US Sought Permission to Change Historical Record of a Public Court Proceeding - philfreo
https://www.eff.org/deeplinks/2014/08/unsealed-us-sought-permission-change-historical-record-public-court-proceeding
======
revelation
The transcript is a good read, too. The EFF explains how the NSA grabs data
wholesale from fiber optic cables (step 1) and then filters it according to
selectors (step 2). This is the governments rebuke:

> IN FACT, THE SUPREME COURT DELINEATED PRECISELY HOW

> THE PROGRAM OPERATES. AND IT IS A TARGETED PROGRAM. IT IS A

> PROGRAM THAT IS TARGETED AT SPECIFIC SELECTORS, THAT IS PHONE

> NUMBERS OR EMAIL ACCOUNTS.

This person doesn't have an understanding of how _selectors_ work. He doesn't
realize that you can't decide if something is a phone number or an email
account until you have already taken a look at it. This is the level on which
they argue. They trick people into thinking that you can put a bunch of
selectors in one bag and have only matching communications magically appear in
a second one, circumventing the obvious constutional issue of collecting
everything. But gravity is still in effect, so anyone with a basic
understanding realizes that you can't get to (2) without having taken step
(1).

> IT IS NOT BULK META DATA COLLECTION.

> IT'S A TARGETED COMMUNICATION SURVEILLANCE PROGRAM

> AGAINST NON U.S. PERSONS LOCATED OUTSIDE THE UNITED STATES.

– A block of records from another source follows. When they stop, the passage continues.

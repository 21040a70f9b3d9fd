//! Calls that a test may run with a refused growth: the answer is the defined one, or out of memory
//! with nothing done.

use super::calls::{CHECK, POINTS, VERIFY, certificate, words_of};
use delivery::{Status, run};
use ports::{MemoryShelf, MemorySink};
use std::alloc::Global;
use std::process::Abort;
use std::test::Fail;

pub const MODEL: &str =
    "TRANSFER One;\nMODEL M\nTOPIC T =\nTABLE A = N: [0 .. 10]; NO IDENT END A;\nEND T.\n\
        END M.\nFORMAT FREE;\n\
        CODE BLANK = DEFAULT, UNDEFINED = DEFAULT, CONTINUE = DEFAULT; TID = ANY; END.\n";

pub const SEVEN: &str =
    "SCNT\n////\nMTID x\nMODL M\nTOPI T\nTABL A\nOBJE 1 7\nETAB\nETOP\nEMOD\nENDE\n";

const NUMBERS: [(Status, u8); 10] = [
    (Status::Accepted, 0),
    (Status::Rejected, 1),
    (Status::Undecided, 2),
    (Status::ModelRefused, 3),
    (Status::Usage, 4),
    (Status::ReadFault, 5),
    (Status::WriteFault, 6),
    (Status::OverLimit, 7),
    (Status::Memory, 8),
    (Status::NotProved, 9),
];

pub const PARCELS: &str =
    "TRANSFER Rows;\nDOMAIN\n  Koord = COORD2 0.000 0.000 1000.000 1000.000;\nMODEL Land\n  \
        TOPIC Cover =\n    TABLE Parcel =\n      Nr: TEXT*12;\n      \
        Form: AREA WITH (STRAIGHTS, ARCS) VERTEX Koord WITHOUT OVERLAPS > 0.050;\n    \
        IDENT Nr;\n    END Parcel;\n  END Cover.\n\
        END Land.\nFORMAT FREE;\n\
        CODE BLANK = DEFAULT, UNDEFINED = DEFAULT, CONTINUE = DEFAULT; TID = ANY; END.\n";

const SQUARE: &str = "SCNT\n////\nMTID Rows\nMODL Land\nTOPI Cover\nTABL Parcel_Form\nOBJE 1\n\
        STPT 100.000 100.000\nLIPT 200.000 100.000\nLIPT 200.000 200.000\nLIPT 100.000 200.000\n\
        LIPT 100.000 100.000\nELIN\nETAB\nTABL Parcel\nOBJE 1 77 150.000 150.000\nETAB\nETOP\n\
        EMOD\nENDE\n";

const FILED: &str =
    "ITFCERT 2\nAREAS 1\nAREA Cover Parcel Form\nSIZES 0 0 4 4 1\nV 0\nV 1\nV 0\nV 0\n\
    E 0 R 0 1 R 0\nE 0 R 0 1 N 1\nE 1 R 0 0 R 0\nE 1 N 1 0 R 0\nP 1\nEND\n";

const PROVED: &str = "AREA Cover Parcel Form PROVED 0 4 1\nVERDICT ACCEPTED 2\n";

const TWO_AREAS: &str =
    "TRANSFER Rows;\nDOMAIN\n  Koord = COORD2 0.000 0.000 1000.000 1000.000;\nMODEL Land\n\
          TOPIC Cover =\n    TABLE Parcel =\n\
              Form: AREA WITH (STRAIGHTS) VERTEX Koord WITHOUT OVERLAPS > 0.050;\n\
              Zone: OPTIONAL AREA WITH (STRAIGHTS) VERTEX Koord WITHOUT OVERLAPS > 0.050;\n\
            NO IDENT\n    END Parcel;\n  END Cover.\nEND Land.\nFORMAT FREE;\n\
        CODE BLANK = DEFAULT, UNDEFINED = DEFAULT, CONTINUE = DEFAULT; TID = ANY; END.\n";

const TWO_DRAWINGS: &str =
    "SCNT\n////\nMTID Rows\nMODL Land\nTOPI Cover\nTABL Parcel_Form\nOBJE 1\nSTPT 100 100\n\
        LIPT 200 200\nELIN\nETAB\nTABL Parcel_Zone\nOBJE 1\nSTPT 100 100\nLIPT 200 200\nELIN\n\
        OBJE 2\nSTPT 100 200\nLIPT 200 100\nELIN\nETAB\nTABL Parcel\nOBJE 1 150 150 @ @\nETAB\n\
        ETOP\nEMOD\nENDE\n";

const TWO_ANSWERS: &str =
    "AREA Cover Parcel Form ON 23 9\nAREA Cover Parcel Zone MEETING 15 19\nVERDICT REJECTED\n";

const NUMBERED: &str =
    "TRANSFER Rows;\nDOMAIN\n  Koord = COORD2 0.000 0.000 1000.000 1000.000;\nMODEL Land\n\
          TOPIC Cover =\n    TABLE Parcel =\n\
              Form: AREA WITH (STRAIGHTS) VERTEX Koord;\n\
            NO IDENT\n    END Parcel;\n    TABLE Number = Of: -> Parcel; Place: Koord;\n\
            NO IDENT\n    END Number;\n  END Cover.\nEND Land.\nFORMAT FREE;\n\
        CODE BLANK = DEFAULT, UNDEFINED = DEFAULT, CONTINUE = DEFAULT; TID = ANY; END.\n";

const TWO_NUMBERS: &str =
    "SCNT\n////\nMTID Rows\nMODL Land\nTOPI Cover\nTABL Parcel_Form\nOBJE 1\nSTPT 100 100\n\
        LIPT 200 100\nLIPT 200 200\nLIPT 100 100\nELIN\nETAB\nTABL Parcel\nOBJE 1 180 120\nETAB\n\
        TABL Number\nOBJE 1 1 190 120\nOBJE 2 1 110 190\nETAB\nETOP\nEMOD\nENDE\n";

const LINKED: &str = "LINK Cover Number Place Of Form\n";

const MISPLACED: &str =
    "AREA Cover Parcel Form PROVED 0 3 1\nLINK 1 19\nLINKS 1 2\nVERDICT REJECTED\n";

// A call over the files M and T, and C where it is there before it; what it answers and puts, and
// what C holds after it.
struct Call {
    words: &'static [&'static str],
    model: &'static str,
    transfer: &'static str,
    before: Option<&'static str>,
    status: Status,
    report: &'static str,
    after: Option<&'static str>,
}

const CALLS: [Call; 5] = [
    Call {
        words: CHECK,
        model: MODEL,
        transfer: SEVEN,
        before: None,
        status: Status::Accepted,
        report: "VERDICT ACCEPTED 1\n",
        after: Some("ITFCERT 2\nAREAS 0\n"),
    },
    Call {
        words: CHECK,
        model: PARCELS,
        transfer: SQUARE,
        before: None,
        status: Status::Accepted,
        report: PROVED,
        after: Some(FILED),
    },
    Call {
        words: VERIFY,
        model: PARCELS,
        transfer: SQUARE,
        before: Some(FILED),
        status: Status::Accepted,
        report: PROVED,
        after: Some(FILED),
    },
    // One area at fault rejects the transfer, and the other is answered too.
    Call {
        words: CHECK,
        model: TWO_AREAS,
        transfer: TWO_DRAWINGS,
        before: None,
        status: Status::Rejected,
        report: TWO_ANSWERS,
        after: None,
    },
    // Of two points one is misplaced.
    Call {
        words: POINTS,
        model: NUMBERED,
        transfer: TWO_NUMBERS,
        before: Some(LINKED),
        status: Status::Rejected,
        report: MISPLACED,
        after: Some(LINKED),
    },
];

#[test]
fn each_answer_has_its_exit_status(rt: HostRuntime) {
    for (status, number) in &NUMBERS {
        assert_eq!(rt; status.number(), *number);
    }
}

// The files before a call, with room for what it writes.
fn files_of(alloc: Global, call: &Call) -> Result<MemoryShelf, Fail> {
    let mut shelf = MemoryShelf::new(alloc);
    shelf.with_file("M", call.model.as_bytes())?;
    shelf.with_file("T", call.transfer.as_bytes())?;
    if let Some(text) = call.before {
        shelf.with_file("C", text.as_bytes())?;
    }
    shelf.make_room("C", 256)?;
    Ok(shelf)
}

// The call is answered as it is to be, or memory ran out and nothing was done.
fn is_answered(rt: &impl Abort, alloc: Global, call: &Call) -> Result<(), Fail> {
    let mut shelf = files_of(alloc, call)?;
    let mut out = MemorySink::new(alloc);
    out.make_room(256)?;
    let status = run(alloc, &words_of(alloc, call.words)?, &mut shelf, &mut out);
    let filed = certificate(alloc, &mut shelf)?;
    if status == Status::Memory {
        assert_eq!(rt; out.bytes(), b"".as_slice());
        assert_eq!(rt; filed.as_deref(), call.before);
        return Ok(());
    }
    assert_eq!(rt; status, call.status);
    assert_eq!(rt; out.bytes(), call.report.as_bytes());
    assert_eq!(rt; filed.as_deref(), call.after);
    Ok(())
}

#[test]
fn a_refused_growth_leaves_all_as_it_was(rt: HostRuntime) -> Result<(), Fail> {
    for call in &CALLS {
        is_answered(&rt, rt.alloc(), call)?;
    }
    Ok(())
}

You're not sure if he is just ignorant or feigning ignorance. And the problem
is that _it might just work_. It brings back memories to the Java APIs case
where the career lawyer argued a trivial three line Java code Google copied
verbatim constituted copyright infringement. He didn't know, of course, what
he was talking about. There was no mental framework for him to realize the
sheer stupidity on display.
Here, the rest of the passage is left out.